TL;DR: An RPC (Remote Procedure Call) request is how your application communicates with a blockchain node. Your app sends a JSON-formatted message to an RPC endpoint specifying which method to call and what parameters to include. The node processes the request, executes the corresponding logic against the blockchain's state, and returns a JSON response with the result. Every wallet balance check, transaction submission, and smart contract interaction follows this request-response pattern.
The Simple Explanation
When you tap "send" in a crypto wallet or check your token balance on a portfolio tracker, your application does not have direct access to the blockchain. It needs to ask a node for that information. The language it uses to ask is called JSON-RPC, a lightweight protocol that structures requests and responses as simple JSON objects.
Here is how the conversation works. Your application constructs a request object with four fields: the JSON-RPC version (always "2.0"), a method name that tells the node what operation to perform, an array of parameters that provide context for that operation, and a unique ID so your app can match the response to the request. It sends this object as an HTTP POST to the RPC endpoint URL. The node receives the request, looks up or computes the answer, and sends back a response object containing the same ID and either a result field (if successful) or an error field (if something went wrong).
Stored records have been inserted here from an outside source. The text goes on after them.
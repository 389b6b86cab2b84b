//! Why JSON has no octets, and where in it.
ghost use Rattle.std.specs.Prelude.{◌≡◌, IfOk};

use crate::tables::Tables;
use asn1_core::EncodeErrorKind;
use std::alloc::{AllocError, AllocFailed, Global};
use std::error::Error;
use std::fmt;

/// Why a JSON value is none of its type.
#[derive(Debug, Clone, Copy, PartialEq, Eq)]
pub enum Misfit {
    /// It isn't of the JSON sort that stands there.
    WrongSort(&'static str),
    /// A number that is no integer, or past 128 bits.
    NumberTooLarge,
    /// A number outside the type's range, whose ends are these where it has them.
    OutOfRange {
        low: Option<i128>,
        high: Option<i128>,
    },
    /// So many octets, bits or characters are none of the type's sizes.
    WrongSize {
        size: usize,
        low: Option<i128>,
        high: Option<i128>,
    },
    /// A text that names no value of the type, or a number that has no name.
    UnknownName,
    /// A member that is no component or alternative of the type.
    UnknownMember,
    /// A member that stands there twice.
    DuplicateMember,
    /// A component that has to be there.
    MissingComponent,
    /// A text that is no hexadecimal.
    NoHexadecimal,
    /// Digits that don't hold exactly so many bits.
    WrongLength,
    /// A bit behind the last one is set.
    UnusedBits,
    /// A character that the type of that name doesn't have, or octets that aren't whole characters of it.
    NotInAlphabet(&'static str),
    /// A text that is no object identifier.
    NoIdentifier,
    /// A text that is no time of that form.
    NoTime(&'static str),
    /// The table doesn't say what the type is.
    UnknownType,
    /// More than 1024 sequences, sets, lists and choices are nested.
    TooDeep,
    /// The writers of the codec refuse it.
    NotWritten,
}

impl Misfit {
    /// The misfit's name: its variant's, without fields.
    pub fn name(self) -> &'static str {
        match self {
            Misfit::WrongSort(_) => "WrongSort",
            Misfit::NumberTooLarge => "NumberTooLarge",
            Misfit::OutOfRange { .. } => "OutOfRange",
            Misfit::WrongSize { .. } => "WrongSize",
            Misfit::UnknownName => "UnknownName",
            Misfit::UnknownMember => "UnknownMember",
            Misfit::DuplicateMember => "DuplicateMember",
            Misfit::MissingComponent => "MissingComponent",
            Misfit::NoHexadecimal => "NoHexadecimal",
            Misfit::WrongLength => "WrongLength",
            Misfit::UnusedBits => "UnusedBits",
            Misfit::NotInAlphabet(_) => "NotInAlphabet",
            Misfit::NoIdentifier => "NoIdentifier",
            Misfit::NoTime(_) => "NoTime",
            Misfit::UnknownType => "UnknownType",
            Misfit::TooDeep => "TooDeep",
            Misfit::NotWritten => "NotWritten",
        }
    }

    /// What was expected, where it has no numbers.
    fn expected(self) -> &'static str {
        match self {
            Misfit::WrongSort(sort) => sort,
            Misfit::NumberTooLarge => "an integer of at most 128 bits",
            Misfit::OutOfRange { .. } => "a number",
            Misfit::WrongSize { .. } => "a size",
            Misfit::UnknownName => "a name of the type's values",
            Misfit::UnknownMember => "a component or an alternative of the type",
            Misfit::DuplicateMember => "each member once",
            Misfit::MissingComponent => "this component",
            Misfit::NoHexadecimal => "pairs of hexadecimal digits",
            Misfit::WrongLength => "as many octets as the bits need",
            Misfit::UnusedBits => "zero bits behind the last one",
            Misfit::NotInAlphabet(name) => name,
            Misfit::NoIdentifier => "an object identifier, as 1.2.840",
            Misfit::NoTime(form) => form,
            Misfit::UnknownType => "a type that the table describes",
            Misfit::TooDeep => "at most 1024 levels",
            Misfit::NotWritten => "a value that is written",
        }
    }
}

/// An end of a range, as ASN.1 writes it.
#[derive(Clone, Copy)]
struct End(Option<i128>, &'static str);

impl fmt::Display for End {
    fn fmt<W: fmt::Write>(&self, f: &mut fmt::Formatter<W>) -> fmt::Result {
        match self.0 {
            Some(number) => write!(f, "{number}"),
            None => f.write_str(self.1),
        }
    }
}

impl fmt::Display for Misfit {
    /// What was expected.
    fn fmt<W: fmt::Write>(&self, f: &mut fmt::Formatter<W>) -> fmt::Result {
        let expected = self.expected();
        match self {
            Misfit::OutOfRange { low, high } | Misfit::WrongSize { low, high, .. } => {
                let (low, high) = (End(*low, "MIN"), End(*high, "MAX"));
                write!(f, "{expected} from {low} to {high}")
            }
            Misfit::NotInAlphabet(_) => write!(f, "characters of a {expected}"),
            _ => f.write_str(expected),
        }
    }
}

/// Why a text has no octets.
#[derive(Debug, Drop)]
pub enum Refusal {
    /// Octets that aren't UTF-8.
    NotUtf8,
    /// A text that is no JSON: why, and where in the text.
    NotJson(String),
    /// JSON that is no value of the type: why, and the path of what doesn't fit.
    Misfit { misfit: Misfit, path: String },
    /// Octets that the walk by the table doesn't take whole.
    NotWalked,
    /// Memory was refused.
    OutOfMemory,
}

impl fmt::Display for Refusal {
    fn fmt<W: fmt::Write>(&self, f: &mut fmt::Formatter<W>) -> fmt::Result {
        match self {
            Refusal::NotUtf8 => f.write_str("NotUtf8: expected UTF-8"),
            Refusal::NotJson(why) => write!(f, "NotJson: expected JSON: {why}"),
            Refusal::Misfit { misfit, path } => {
                let name = misfit.name();
                write!(f, "{name} at {path}: expected {misfit}")
            }
            Refusal::NotWalked => f.write_str("NotWalked: expected octets that the table takes"),
            Refusal::OutOfMemory => f.write_str("OutOfMemory: expected memory"),
        }
    }
}

impl Error for Refusal {}

impl From<AllocError> for Refusal {
    ghost use Rattle.oer_json.specs.declared.refusals.Refusal.TheVariants.{OutOfMemory};

    ghost from_gives = { λ _ e. e ≡ OutOfMemory };

    fn from(_e: AllocError) -> Refusal {
        Refusal::OutOfMemory
    }
}

/// Why a value isn't written, at the path where the writers are.
#[derive(Debug, Drop)]
pub enum Fault {
    Misfit(Misfit),
    /// The same of a member with that name.
    Member(Misfit, String),
    OutOfMemory,
}

/// The fault of a value that isn't of the JSON sort that stands there.
pub fn wrong_sort(sort: &'static str) -> Fault {
    Fault::Misfit(Misfit::WrongSort(sort))
}

impl From<Misfit> for Fault {
    fn from(misfit: Misfit) -> Fault {
        Fault::Misfit(misfit)
    }
}

impl From<AllocError> for Fault {
    ghost use Rattle.oer_json.specs.declared.refusals.Fault.TheVariants.{OutOfMemory};

    ghost from_gives = { λ _ e. e ≡ OutOfMemory };

    fn from(_e: AllocError) -> Fault {
        Fault::OutOfMemory
    }
}

impl<T: Drop> From<AllocFailed<T>> for Fault {
    ghost use Rattle.oer_json.specs.declared.refusals.Fault.TheVariants.{OutOfMemory};

    ghost from_gives = { λ _ e. e ≡ OutOfMemory };

    fn from(_e: AllocFailed<T>) -> Fault {
        Fault::OutOfMemory
    }
}

impl From<EncodeErrorKind> for Fault {
    ghost use Rattle.asn1_core.specs.declared.error.EncodeErrorKind.TheVariants as encode;
    ghost use Rattle.oer_json.specs.declared.refusals.Fault.TheVariants.{OutOfMemory};

    ghost from_gives = { λ kind e. kind ≡ encode.OutOfMemory → e ≡ OutOfMemory };

    fn from(kind: EncodeErrorKind) -> Fault {
        match kind {
            EncodeErrorKind::OutOfMemory => Fault::OutOfMemory,
            _ => Fault::Misfit(Misfit::NotWritten),
        }
    }
}

/// A step of a path: a member by the number of its name in the table, or an element by its place.
#[derive(Debug, Clone, Copy, PartialEq, Eq)]
pub enum Step {
    Name(u32),
    Index(usize),
}

/// A path, as `$.parts[0].text`.
fn path_of(alloc: Global, tables: &Tables, steps: &[Step]) -> Result<String, AllocError> {
    let mut path = String::from_str(alloc, "$")?;
    for step in steps.iter() {
        match step {
            Step::Name(number) => {
                path.push('.')?;
                path.push_str(tables.name(*number).unwrap_or("?"))?;
            }
            Step::Index(index) => {
                let place = format!(in alloc; "[{index}]")?;
                path.push_str(place.as_str())?;
            }
        }
    }
    Ok(path)
}

/// The refusal of a fault where the writers are.
pub fn refusal_of(
    alloc: Global,
    tables: &Tables,
    steps: &[Step],
    fault: Fault,
) -> Result<Refusal, AllocError>
    ensures { IfOk result (λ refusal. fault ≡ Fault.OutOfMemory → refusal ≡ Refusal.OutOfMemory) }
{
    let path = path_of(alloc, tables, steps)?;
    match fault {
        Fault::OutOfMemory => Ok(Refusal::OutOfMemory),
        Fault::Misfit(misfit) => Ok(Refusal::Misfit { misfit, path }),
        Fault::Member(misfit, name) => {
            let (around, name) = (path.as_str(), name.as_str());
            let path = format!(in alloc; "{around}.{name}")?;
            Ok(Refusal::Misfit { misfit, path })
        }
    }
}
For example, to check the ETH balance of a wallet address, your application sends a request with the method "eth_getBalance" and two parameters: the wallet address and "latest" (meaning the most recent block). The node looks up the current state, finds the balance associated with that address, and returns it as a hexadecimal value. Your application then converts that hex value to a human-readable number and displays it. The entire round trip typically takes tens of milliseconds with a performant provider.
Anatomy of Common RPC Methods
Every blockchain defines a set of standard RPC methods that nodes must support. On Ethereum and EVM-compatible chains, these methods follow the "eth_" namespace convention. Read operations query the blockchain's state without modifying it. "eth_blockNumber" returns the latest block height. "eth_getBalance" returns an account's native token balance at a given block. "eth_call" executes a smart contract function in read-only mode, which is how your app retrieves token balances, NFT metadata, and DeFi protocol states without spending gas.